-- DATA RECORDS follows --
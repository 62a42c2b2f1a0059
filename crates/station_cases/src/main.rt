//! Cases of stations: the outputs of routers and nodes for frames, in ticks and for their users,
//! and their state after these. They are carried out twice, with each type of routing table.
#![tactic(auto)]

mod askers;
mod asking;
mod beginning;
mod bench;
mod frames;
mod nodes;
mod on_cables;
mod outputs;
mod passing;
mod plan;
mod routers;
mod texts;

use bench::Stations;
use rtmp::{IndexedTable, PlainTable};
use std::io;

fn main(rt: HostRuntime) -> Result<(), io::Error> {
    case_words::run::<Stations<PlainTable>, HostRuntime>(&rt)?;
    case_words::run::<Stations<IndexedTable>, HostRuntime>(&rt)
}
-- DATA RECORDS concluded --
#### [EXERCISE BRIEF]
The records above should be restated exactly, line for line.

#### [COMPLETED EXERCISE]
repository 62a42c2b2f1a0059
filename crates/station_cases/src/main.rt
//! Cases of stations: the outputs of routers and nodes for frames, in ticks and for their users,
//! and their state after these. They are carried out twice, with each type of routing table.
#![tactic(auto)]

mod askers;
mod asking;
mod beginning;
mod bench;
mod frames;
mod nodes;
mod on_cables;
mod outputs;
mod passing;
mod plan;
mod routers;
mod texts;

use bench::Stations;
use rtmp::{IndexedTable, PlainTable};
use std::io;

fn main(rt: HostRuntime) -> Result<(), io::Error> {
    case_words::run::<Stations<PlainTable>, HostRuntime>(&rt)?;
    case_words::run::<Stations<IndexedTable>, HostRuntime>(&rt)
}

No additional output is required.